An external file that holds a picture, illustration, etc.
Object name is gr1.jpg

Figure 1

Histogram of Estimated Self-Kinship Coefficient Values for the GAW 15 UK RA Data

The vertical line at 0.5 represents the self-kinship value in the absence of population structure and inbreeding.

GAW 14 COGA Data

We apply RM, Rχ, and GC to test for association with an alcoholism-related phenotype in the GAW 14 COGA data. A previous analysis¹⁶ of these data used the M_QLS (with k set to 0.05) and corrected χ² tests; these tests correct for known pedigree information, but do not make any correction for unknown structure. In our reanalysis, we compare the results of the tests with and without the correction for unknown structure. To make the results comparable, we set k = 0.05 in the RM test. Table 8 lists SNPs for which at least one of the RM, Rχ, and GC tests has a nominal p value <1.0 × 10⁻⁵. For 11 of these 12 SNPs, the RM test has the smallest p value among the three tests used. After Bonferroni correction to adjust for three different tests of association at each of 10,407 SNPs, the RM test is significant at the 5% level for 4 SNPs: tsc1750530 on chromosome 16 (p = 2.3 × 10⁻⁸ uncorrected, 0.0007 corrected), tsc0046696 on chromosome 18 (p = 1.4 × 10⁻⁷ uncorrected, 0.004 corrected), tsc1177811 on chromosome 1 (p = 1.5 × 10⁻⁷ uncorrected, 0.005 corrected), and tsc1637642 on chromosome 5 (p = 6.8 × 10⁻⁷ uncorrected, 0.02 corrected). The Rχ test is significant at the 5% level for an additional SNP, tsc0571038 on chromosome 11 (p = 8.0 × 10⁻⁷ uncorrected, 0.025 corrected). Of the 5 SNPs that were previously¹⁶ identified as genome-wide significant by M_QLS or $W_{χ_{c o r r}^{2}}$ , 4 were also identified by ROADTRIPS. The exception is tsc0057290 on chromosome 18, which was identified by M_QLS and is no longer significant after correcting for cryptic structure.
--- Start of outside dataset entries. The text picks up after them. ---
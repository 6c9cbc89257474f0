//! The poller of the measures without descriptors.

use std::alloc::{AllocError, Global};
use vmm_sys::epoll::{ControlOperation, EpollEvent, EventSet, RawFd};
use vmm_sys::errno::Errno;
use vmm_sys::poller::Poller;

/// The lowest descriptor that is reported.
pub const FIRST: u16 = 10;

/// The number of entries in a whole batch.
pub const BATCH: u32 = 256;

/// Accepts each change and keeps nothing; each wait returns at once with one fixed report, or as much of its front as fits.
#[derive(Drop)]
pub struct Fixed {
    report: Vec<EpollEvent>,
}

impl Fixed {
    /// Reports the first `count` of the descriptors from 10 up, each for `IN`.
    pub fn first(count: u32, alloc: Global) -> Result<Fixed, AllocError> {
        Fixed::every(1, count, count, alloc)
    }

    /// Reports 256 entries, spread evenly over `count` descriptors from 10 up, each for `IN`.
    pub fn spread(count: u32, alloc: Global) -> Result<Fixed, AllocError> {
        Fixed::every((count / BATCH).max(1), BATCH, count, alloc)
    }

    fn every(stride: u32, entries: u32, among: u32, alloc: Global) -> Result<Fixed, AllocError> {
        let among = among.max(1);
        let mut report = Vec::new(alloc);
        for k in 0..entries {
            let fd = FIRST as u64 + (k.wrapping_mul(stride) % among) as u64;
            report.push(EpollEvent::new(EventSet::IN, fd))?;
        }
        Ok(Fixed { report })
    }
}

impl Poller for Fixed {
    ghost use base.Stored.{gnil};
    ghost use Rattle.std.specs.Prelude.{◌≡◌, IsOk, Ok};

    ghost meaning = { λ v. gnil };

    ghost may_ctl = { λ v op fd event r w. IsOk r };

    ghost may_wait = { λ v ms room r entries w. IsOk r };

    fn ctl(&mut self, _op: ControlOperation, _fd: RawFd, _event: EpollEvent) -> Result<(), Errno> {
        Ok(())
    }

    fn wait(&mut self, _ms: i32, buffer: &mut [EpollEvent]) -> Result<usize, Errno> {
        let count = self.report.len().min(buffer.len());
        buffer[..count].copy_from_slice(&self.report[..count]);
        Ok(count)
    }
}
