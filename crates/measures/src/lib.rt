//! What programs share that measure, or run for long: words that pick measures, times, how they are printed, a poller without
//! descriptors, and what is looked at meanwhile.
#![tactic(auto)]

pub mod arguments;
pub mod bench;
pub mod fixed;
pub mod host;
pub mod memory;
pub mod progress;
pub mod timing;
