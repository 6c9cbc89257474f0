//! What a measure is given, and how what came of it is printed.

use crate::arguments::Wanted;
use crate::timing::{REPEATS, Times};
use anyhow::{Result, ensure};
use std::alloc::Global;

const FEW: u32 = 3;

/// What came of a measure.
#[derive(Clone, Copy)]
pub struct Measured {
    /// How long the repeats took.
    pub times: Times,
    /// The number of operations in a repeat.
    pub operations: u64,
    /// What all rounds counted; it is what the work has.
    pub count: u64,
}

impl Measured {
    /// What came of repeats with `operations` operations each. Refused where all of them counted another number.
    pub fn of(times: Times, operations: u64, count: u64) -> Result<Measured> {
        Ok(Measured {
            times,
            operations,
            count: expect(count, operations.saturating_mul(u64::from(REPEATS)))?,
        })
    }
}

/// The runtime, and what is wanted.
#[derive(Drop)]
pub struct Bench<R> {
    /// The runtime.
    pub rt: R,
    /// Where memory comes from.
    pub alloc: Global,
    /// What is measured, and how.
    pub wanted: Wanted,
}

impl<R: Print> Bench<R> {
    /// The number of rounds of a repeat that in full has `full`.
    pub fn rounds(&self, full: u32) -> u32 {
        if self.wanted.checked { FEW } else { full }
    }

    /// Prints the heading of the columns; nothing where counts are wanted in place of times.
    pub fn print_heading(&self) -> Result<()> {
        if !self.wanted.checked {
            println!(self.rt;
                "{:<44} {:>12} {:>12}",
                "ns per operation", "least", "middle"
            )?;
        }
        Ok(())
    }

    /// Prints the name, and the least and the middle time of an operation in nanoseconds, or the count where counts are wanted.
    pub fn print(&self, name: &str, measured: Measured) -> Result<()> {
        if self.wanted.checked {
            println!(self.rt; "{:<44} {:>10}", name, measured.count)?;
            return Ok(());
        }
        let least = measured.times.least(measured.operations);
        let middle = measured.times.middle(measured.operations);
        println!(self.rt;
            "{:<44} {:>10}.{} {:>10}.{}",
            name,
            least / 10,
            least % 10,
            middle / 10,
            middle % 10
        )?;
        Ok(())
    }

    /// Prints a line as `print` does, with a size in the name.
    pub fn print_sized(&self, name: (&str, u32, &str), measured: Measured) -> Result<()> {
        let (before, size, behind) = name;
        let name = format!(in self.alloc; "{before} {size}{behind}")?;
        self.print(name.as_str(), measured)
    }
}

/// Returns what was answered; refused where it isn't what was expected.
pub fn expect(answered: u64, expected: u64) -> Result<u64> {
    ensure!(
        answered == expected,
        "answered {answered}, and not {expected}"
    );
    Ok(answered)
}
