//! The words that a program is given: those that pick what is measured, or a number of rounds.

use anyhow::{Result, bail};
use std::env;
use std::rt::Env;

/// A family of measures, by the word that picks it.
#[derive(Clone, Copy, PartialEq, Eq)]
pub struct Family(pub &'static str);

/// The size of what stands beside the work: the first, second or third size of a family.
#[derive(Clone, Copy, PartialEq, Eq)]
pub enum Size {
    /// The first, and of the counters the second too.
    Small,
    /// The second last.
    Middle,
    /// The last but those that are huge.
    Large,
    /// A million, for deliveries, the table and counters; for deliveries 65,536 too. Measured only where it is picked.
    Huge,
}

/// What is measured, and how.
#[derive(Drop)]
pub struct Wanted {
    /// Whether the fixed poller is held in a box.
    pub boxed: bool,
    /// Whether rounds are few, and their counts are printed in place of times.
    pub checked: bool,
    families: Vec<Family>,
    sizes: Vec<Size>,
}

impl Wanted {
    fn pick(&mut self, word: &str, number: u64, families: &[Family]) -> Result<()> {
        match word {
            "boxed" => self.boxed = true,
            "plain" => self.boxed = false,
            "checked" => self.checked = true,
            "small" => self.sizes.push(Size::Small)?,
            "middle" => self.sizes.push(Size::Middle)?,
            "large" => self.sizes.push(Size::Large)?,
            "huge" => self.sizes.push(Size::Huge)?,
            _ => match families.iter().find(|family| family.0 == word) {
                Some(family) => self.families.push(*family)?,
                None => bail!("argument {number} is none of the words"),
            },
        }
        Ok(())
    }

    /// What the arguments pick: `boxed` or `plain`, `checked`, any number of families and sizes; of a kind that none picks, all
    /// but what is huge. Refused where they can't be read, where memory is, and, by its number, at the first other word.
    pub fn from_arguments<R: Env + AllocGlobal>(rt: &R, families: &[Family]) -> Result<Wanted> {
        let mut wanted = Wanted {
            boxed: false,
            checked: false,
            families: Vec::new(rt.alloc()),
            sizes: Vec::new(rt.alloc()),
        };
        let mut number = 0u64;
        for argument in env::args(rt)?.skip(1) {
            number = number.saturating_add(1);
            wanted.pick(argument.as_str(), number, families)?;
        }
        Ok(wanted)
    }

    /// Whether the family is wanted.
    pub fn has_family(&self, family: Family) -> bool {
        self.families.is_empty() || self.families.contains(&family)
    }

    /// Whether the size is wanted.
    pub fn has_size(&self, size: Size) -> bool {
        match size {
            Size::Huge => self.sizes.contains(&size),
            _ => self.sizes.is_empty() || self.sizes.contains(&size),
        }
    }
}

/// The first argument, a number of rounds; without one, `default`. Refused where it is no number, or can't be read.
pub fn rounds<R: Env + AllocGlobal>(rt: &R, default: u32) -> Result<u32> {
    match env::args(rt)?.nth(1) {
        Some(word) => Ok(word.parse()?),
        None => Ok(default),
    }
}
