//! Parts of the bytes of an image.
ghost use Rattle.std.specs.Prelude.{◌≡◌, ◌↔◌, IfSome, IsSome, OnErr, OnOk, length};
ghost use Rattle.memory_images.specs.Parts.{LiesWithin, grown_image, part_bytes, shrunk_image, with_bytes, with_part};

use block_device::OpenFault;
use device_adapters::Part;

const SECTOR: usize = 512;

// An image has fewer than 2^63 bytes.
const MOST_SECTORS: u64 = 1 << 54;

/// Returns the bytes of a part, if the part is within the image.
pub fn part_of(bytes: Vec<u8>, part: Part) -> Option<Vec<u8>>
    ensures inside { IsSome result ↔ LiesWithin bytes.items part }
    ensures bytes { IfSome result (λ held. held.items ≡ part_bytes bytes.items part) }
{
    let sectors = (bytes.len() / SECTOR) as u64;
    if part.first > sectors || part.count > sectors - part.first {
        return None;
    }
    Some(held_in(bytes, part))
}

/// Returns the bytes of a part that is within the image.
pub fn held_in(mut bytes: Vec<u8>, part: Part) -> Vec<u8>
    requires { LiesWithin bytes.items part }
    ensures { result.items ≡ part_bytes bytes.items part }
{
    bytes.rotate_left(part.first as usize * SECTOR);
    bytes.truncate(part.count as usize * SECTOR);
    bytes
}

/// Replaces the bytes of a part of an image, if the part is within the image.
pub fn overwrite(image: &mut Vec<u8>, part: Part, mut bytes: Vec<u8>)
    ensures { image.new.items ≡ with_part image.old.items part bytes.items }
{
    let sectors = (image.len() / SECTOR) as u64;
    if part.first > sectors || part.count > sectors - part.first {
        return;
    }
    bytes.truncate(part.count as usize * SECTOR);
    put_at(image, part.first as usize * SECTOR, bytes.as_slice());
}

// Replaces the bytes from an offset on, if the image has as many.
fn put_at(image: &mut Vec<u8>, offset: usize, bytes: &[u8])
    ensures { image.new.items ≡ with_bytes image.old.items offset bytes.now }
{
    if offset > image.len() || bytes.len() > image.len() - offset {
        return;
    }
    let end = offset + bytes.len();
    image.as_mut_slice()[offset..end].copy_from_slice(bytes);
}

/// Extends the image with zeros to at least so many sectors.
pub fn lengthen(image: &mut Vec<u8>, sectors: u64) -> Result<(), OpenFault>
    ensures ok { OnOk result (image.new.items ≡ grown_image image.old.items sectors) }
    ensures err { OnErr result (image.new.items ≡ image.old.items) }
{
    if sectors > MOST_SECTORS {
        return Err(OpenFault::TooLarge);
    }
    let bytes = sectors as usize * SECTOR;
    if bytes <= image.len() {
        return Ok(());
    }
    match image.resize(bytes, 0) {
        Ok(()) => Ok(()),
        Err(_) => Err(OpenFault::NoMemory),
    }
}

/// Shortens the image to at most so many sectors.
pub fn shorten(image: &mut Vec<u8>, sectors: u64)
    ensures { image.new.items ≡ shrunk_image image.old.items sectors }
{
    let whole = (image.len() / SECTOR) as u64;
    if sectors <= whole {
        image.truncate(sectors as usize * SECTOR);
    }
}
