//! Images in memory.
ghost use Rattle.std.specs.Prelude.{◌≡◌, IfErr, IfOk, OnErr, OnOk};
ghost use Rattle.memory_images.specs.Named.{IsChanged, AreBytesPut, IsUncopied, Stands, named_place};
ghost use Rattle.memory_images.specs.Parts.{grown_image, shrunk_image, with_part};

use crate::part::{held_in, lengthen, overwrite, part_of, shorten};
use block_device::{BlockDev, FileId, MemoryDev, OpenFault};
use device_adapters::Part;
use image_files::{FileText, Images, OpenImage, PartFault, ReplaceFault};
use std::alloc::AllocError;

const SECTOR: usize = 512;

/// Images in memory with names; if a name occurs twice, the first counts. An open image is a copy. When it is closed, the named
/// image gets its bytes.
#[derive(Drop)]
pub struct MemoryImages {
    names: Vec<String>,
    images: Vec<Vec<u8>>,
}

impl MemoryImages {
    /// Returns the images with the names at the same indices.
    pub fn new(names: Vec<String>, images: Vec<Vec<u8>>) -> MemoryImages
        ensures names { result.names ≡ names }
        ensures images { result.images ≡ images }
    {
        MemoryImages { names, images }
    }
}

// The first index with that name.
fn place_of(names: &[String], path: &str) -> Option<usize>
    ensures { result ≡ named_place names.now path.now }
{
    names.iter().position(|name| name.as_str() == path)
}

// A copy of the image with that name, and its index.
fn copy_under(
    names: &[String],
    images: &[Vec<u8>],
    path: &str,
) -> Result<(usize, Vec<u8>), OpenFault>
    ensures ok { IfOk result (λ copy. Stands names.now images.now path.now copy.0 copy.1.items) }
    ensures err { IfErr result (IsUncopied names.now images.now path.now) }
{
    let Some(place) = place_of(names, path) else {
        return Err(OpenFault::NotFound);
    };
    let Some(bytes) = images.get(place) else {
        return Err(OpenFault::NotFound);
    };
    match copy_of(bytes) {
        Ok(copy) => Ok((place, copy)),
        Err(_) => Err(OpenFault::NoMemory),
    }
}

fn copy_of(bytes: &Vec<u8>) -> Result<Vec<u8>, AllocError>
    ensures { IfOk result (λ copy. copy.items ≡ bytes.now.items) }
{
    bytes.clone()
}

fn put_image(images: &mut Vec<Vec<u8>>, place: usize, bytes: Vec<u8>)
    ensures { AreBytesPut images.old.items place bytes.items images.new.items }
{
    if let Some(image) = images.get_mut(place) {
        *image = bytes;
    }
}

fn grow_image(images: &mut Vec<Vec<u8>>, place: usize, sectors: u64) -> Result<(), OpenFault>
    ensures ok { OnOk result (IsChanged images.old.items place (λ image. grown_image image sectors) images.new.items) }
    ensures err { OnErr result (IsChanged images.old.items place (λ image. image) images.new.items) }
{
    match images.get_mut(place) {
        Some(image) => lengthen(image, sectors),
        None => Err(OpenFault::NotFound),
    }
}

fn shrink_image(images: &mut Vec<Vec<u8>>, place: usize, sectors: u64)
    ensures { IsChanged images.old.items place (λ image. shrunk_image image sectors) images.new.items }
{
    if let Some(image) = images.get_mut(place) {
        shorten(image, sectors);
    }
}

// Replaces the bytes of a part of an image.
fn put_part(images: &mut Vec<Vec<u8>>, place: usize, part: Part, bytes: Vec<u8>)
    ensures { IsChanged images.old.items place (λ image. with_part image part bytes.items) images.new.items }
{
    if let Some(image) = images.get_mut(place) {
        overwrite(image, part, bytes);
    }
}

impl Images for MemoryImages {
    ghost use Rattle.memory_images.specs.MemoryRelations.{memory_relations};

    type Dev = MemoryDev;

    ghost relations = { memory_relations };

    fn open(&mut self, path: &str, writable: bool) -> Result<OpenImage<MemoryDev>, OpenFault> {
        let (place, bytes) = copy_under(&self.names, &self.images, path)?;
        Ok(OpenImage {
            device: MemoryDev::new(bytes, writable),
            id: Some(FileId::Inode {
                device: 0,
                inode: place as u64,
            }),
        })
    }

    fn open_part(
        &mut self,
        path: &str,
        writable: bool,
        part: Part,
    ) -> Result<OpenImage<MemoryDev>, PartFault> {
        let (place, bytes) = copy_under(&self.names, &self.images, path)?;
        let Some(held) = part_of(bytes, part) else {
            return Err(PartFault::Outside);
        };
        Ok(OpenImage {
            device: MemoryDev::new(held, writable),
            id: Some(FileId::Inode {
                device: 0,
                inode: place as u64,
            }),
        })
    }

    fn narrow(&mut self, device: MemoryDev, part: Part) -> MemoryDev {
        let writable = device.writable();
        MemoryDev::new(held_in(device.into_bytes(), part), writable)
    }

    // Of what is in memory nothing is lost.
    fn without(&mut self, device: MemoryDev, _lost: Vec<Part>) -> MemoryDev {
        device
    }

    // Returns the first bytes.
    fn read_text(&mut self, path: &str, most: usize) -> Result<FileText, OpenFault> {
        let (place, mut bytes) = copy_under(&self.names, &self.images, path)?;
        bytes.truncate(most);
        Ok(FileText {
            bytes,
            id: Some(FileId::Inode {
                device: 0,
                inode: place as u64,
            }),
        })
    }

    fn close(&mut self, path: &str, device: MemoryDev) {
        if let Some(place) = place_of(&self.names, path) {
            put_image(&mut self.images, place, device.into_bytes());
        }
    }

    fn close_part(&mut self, path: &str, part: Part, device: MemoryDev) {
        if let Some(place) = place_of(&self.names, path) {
            put_part(&mut self.images, place, part, device.into_bytes());
        }
    }

    // An image whose name doesn't exist isn't created.
    fn grow(&mut self, path: &str, sectors: u64) -> Result<(), OpenFault> {
        let Some(place) = place_of(&self.names, path) else {
            return Err(OpenFault::NotFound);
        };
        grow_image(&mut self.images, place, sectors)
    }

    fn shrink(&mut self, path: &str, sectors: u64) -> Result<(), OpenFault> {
        let Some(place) = place_of(&self.names, path) else {
            return Err(OpenFault::NotFound);
        };
        shrink_image(&mut self.images, place, sectors);
        Ok(())
    }

    fn has_part_sector(&mut self, path: &str) -> Result<bool, OpenFault> {
        let (_, bytes) = copy_under(&self.names, &self.images, path)?;
        Ok(bytes.len() % SECTOR != 0)
    }

    // Two paths are the same place if the names are equal.
    fn is_one_place(&mut self, path: &str, other: &str) -> Result<bool, OpenFault> {
        Ok(path == other)
    }

    // An image whose name doesn't exist isn't created.
    fn replace(&mut self, path: &str, bytes: &[u8]) -> Result<(), ReplaceFault> {
        let Ok((place, mut text)) = copy_under(&self.names, &self.images, path) else {
            return Err(ReplaceFault::Write);
        };
        text.clear();
        if text.extend_from_slice(bytes).is_err() {
            return Err(ReplaceFault::NoMemory);
        }
        put_image(&mut self.images, place, text);
        Ok(())
    }

    fn try_replace(&mut self, path: &str) -> Result<(), ReplaceFault> {
        match place_of(&self.names, path) {
            Some(_) => Ok(()),
            None => Err(ReplaceFault::Write),
        }
    }

    fn of_memory(memory: MemoryDev) -> MemoryDev {
        memory
    }
}
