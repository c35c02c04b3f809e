//! Images in memory, for tests of what opens images.
#![tactic(auto)]

mod laws;
mod named_images;
mod part;

pub use laws::images_keep_files;
pub use named_images::MemoryImages;
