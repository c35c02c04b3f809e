//! Laws of these images: each function's contract states the law, and a call of the function provides it.
ghost use Rattle.block_device.specs.contracts.memory.MemoryDevBlockDev.TheImpl.{ghosts};
ghost use Rattle.image_files.specs.Promises.{KeepsFiles};
ghost use Rattle.memory_images.specs.Files.{file_under};
ghost use Rattle.memory_images.specs.MemoryRelations.{memory_relations};

/// Images in memory satisfy what is assumed of an operating system's files.
pub fn images_keep_files()
    ensures { KeepsFiles memory_relations ghosts.state file_under }
{}
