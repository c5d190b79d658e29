// The questions to a place, which alter nothing.
ghost use Rattle.std.specs.Prelude.{◌≡◌};
ghost use Rattle.airing.specs.Calls.{on_air};
ghost use Rattle.airing.specs.Due.{current_due, sequence_of};
ghost use Rattle.airing.specs.Agrees.{InEveryHistory};

use crate::place::Place;
use family::family::Family;

impl<F: Family> Place<F> {
    // The family, for a caller that asks about a record before it stores it.
    pub fn family(&self) -> &F
        ensures { result.now ≡ self.now.family }
    {
        &self.family
    }

    // Whether a record is on air.
    pub fn is_on_air(&self) -> bool
        ensures { InEveryHistory F.Family.meaning self.now (λ s h. result ≡ on_air h) }
    {
        self.current.is_some_and(|current| current.on_air)
    }

    // The sequence number of the record accepted last, on air or not.
    pub fn sequence_number(&self) -> Option<u8>
        ensures { InEveryHistory F.Family.meaning self.now (λ s h. result ≡ sequence_of (current_due F.Family.meaning s h)) }
    {
        self.current.map(|current| current.sequence)
    }
}
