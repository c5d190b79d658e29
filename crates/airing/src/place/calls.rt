// The calls that change a place.
ghost use Rattle.std.specs.Prelude.{◌≡◌, true, false, [], ◌∷◌, if◌then◌else◌, Some, None, Err};
ghost use Rattle.pdu.specs.declared.refusal.Refusal.{Refusal};
ghost use Rattle.family.specs.Texts.{record_view};
ghost use Rattle.airing.specs.Calls.{withdrawn, is_unequal_to};
ghost use Rattle.airing.specs.declared.stored.Stored.TheVariants.{Changed, Unchanged};
ghost use Rattle.airing.specs.Agrees.{Agrees, InEveryHistory, Accepted, Drawn, held_view, is_on_air, aired_in};
ghost use Rattle.airing.specs.Steps.{record_of, next_sequence, successor_in, accepted_after};

use crate::place::{Current, Place};
use crate::stored::Stored;
use family::family::{Family, Payload};
use family::text::Record;
use pdu::refusal::Refusal;

impl<F: Family> Place<F> {
    // A place with no record.
    pub fn new(family: F) -> Place<F>
        ensures { Agrees F.Family.meaning family [] result }
    {
        Place {
            family,
            current: None,
        }
    }

    // Puts a lawful record on air. One equal to the last goes on as that was; any other has the
    // next sequence number and starts at its frame 0. An unlawful record is refused, and leaves
    // everything as found.
    pub fn store(&mut self, record: Record<F::Head>) -> Result<Stored, Refusal>
        ensures refusal { (e : Refusal) → F.Family.meaning.refusal self.old.family (record_view «record») ≡ Some e → result ≡ Err e }
        ensures unchanged { (e : Refusal) → result ≡ Err e → self.new ≡ self.old }
        ensures accepted { InEveryHistory F.Family.meaning self.old (λ s h. F.Family.meaning.refusal s (record_view «record») ≡ None → Accepted F.Family.meaning s h (record_view «record») result self.new) }
    {
        self.family.require_lawful(&record)?;
        Ok(self.accept(record))
    }

    // Takes the record off air, and keeps it.
    pub fn withdraw(&mut self)
        ensures agrees { InEveryHistory F.Family.meaning self.old (λ s h. Agrees F.Family.meaning s (withdrawn ∷ h) self.new) }
        ensures unchanged { is_on_air self.old ≡ false → self.new ≡ self.old }
    {
        if let Some(current) = &mut self.current {
            current.on_air = false;
        }
    }

    // The next frame of the record on air, in rounds; none while no record is on air, and then
    // everything is as found.
    pub fn draw(&mut self) -> Option<Payload>
        ensures drawn { InEveryHistory F.Family.meaning self.old (λ s h. Drawn F.Family.meaning s h result self.new) }
        ensures unchanged { result ≡ None → self.new ≡ self.old }
    {
        let current = self.record_on_air()?;
        // It is lawful, so the family refuses nothing here.
        let count = self.family.frame_count(&current.record).ok()?;
        let frame = self
            .family
            .frame(&current.record, current.sequence, current.next)
            .ok()?;
        self.current = Some(Current {
            next: successor(current.next, count),
            ..current
        });
        Some(frame)
    }

    // Puts a lawful record on air: the last as it was, if it equals that, and else as a change.
    fn accept(&mut self, record: Record<F::Head>) -> Stored
        ensures answer { result ≡ (if is_unequal_to (record_of (held_view self.old.current)) (record_view «record») then Changed else Unchanged) }
        ensures family { self.new.family ≡ self.old.family }
        ensures current { held_view self.new.current ≡ accepted_after F.Family.meaning.modulus (held_view self.old.current) (record_view «record») }
        ensures on_air { is_on_air self.new ≡ true }
    {
        match &mut self.current {
            Some(current) if current.record.equals(&record) => {
                current.on_air = true;
                Stored::Unchanged
            }
            _ => {
                let sequence = self.next_sequence();
                self.current = Some(Current {
                    record,
                    sequence,
                    next: 0,
                    on_air: true,
                });
                Stored::Changed
            }
        }
    }

    // The sequence number of the next change.
    fn next_sequence(&self) -> u8
        ensures { result ≡ next_sequence F.Family.meaning.modulus (held_view self.now.current) }
    {
        self.current.as_ref().map_or(0, |current| {
            let count = self.family.sequence_numbers();
            successor(usize::from(current.sequence), usize::from(count)) as u8
        })
    }

    // What is on air.
    fn record_on_air(&self) -> Option<Current<F::Head>>
        ensures { result ≡ aired_in self.now.current }
    {
        self.current.filter(|current| current.on_air)
    }
}

// The number after this one of so many numbers from 0; 0 comes after the last.
fn successor(number: usize, count: usize) -> usize
    ensures { result ≡ successor_in count number }
{
    if number < count.saturating_sub(1) {
        number + 1
    } else {
        0
    }
}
ROADTRIPS identifies an additional SNP, tsc1637642 on chromosome 5, which was not identified in the previous analysis. GC did not identify any significant SNPs. There are some SNPs in Table 8 that are in or near genes of interest; the details have previously been reported.¹⁶ A previous analysis³² of these data with FBAT, in which a slightly larger sample of individuals was used, detected one SNP with nominal p value 6 × 10⁻⁵, which is not significant after Bonferroni correction for the number of SNPs tested.

Table 8

COGA Data Results: SNPs with p Value <0.00001 for at Least One of the Three Tests

Chr	Marker	Pos. (cM)	*N_CA*	*N_CO*	p	p Value
Chr	Marker	Pos. (cM)	*N_CA*	*N_CO*	p	Rχ	RM	GC
16	tsc1750530	59.8297	644	145	.85	3.6e-4	2.3e-8^a	1.6e-3
18	tsc0046696	104.665	459	118	.60	4.0e-1	1.4e-7^a	4.8e-1
1	tsc1177811	105.535	587	149	.68	2.9e-2	1.5e-7^a	3.4e-2
5	tsc1637642	95.4901	419	159	.84	3.6e-1	6.8e-7^a	4.3e-2
11	tsc0571038	95.3968	581	122	.56	8.0e-7^a	4.5e-3	5.4e-5
18	tsc0057290	33.9594	497	126	.71	6.1e-2	1.8e-6	5.3e-2
6	tsc0808295	47.1522	681	162	.76	9.4e-1	1.8e-6	9.4e-1
11	tsc0569292	6.78451	455	127	.74	6.0e-1	3.6e-6	5.7e-1
19	tsc1189131	68.94	478	121	.55	7.4e-1	4.2e-6	7.3e-1
3	tsc0175005	158.199	594	152	.82	1.6e-2	4.8e-6	2.2e-2
3	tsc1519933	167.431	515	134	.64	9.5e-2	5.3e-6	7.6e-2
13	tsc0056748	73.9934	530	133	.84	6.5e-1	6.5e-6	6.7e-1

^aGenome-wide significance after Bonferroni correction.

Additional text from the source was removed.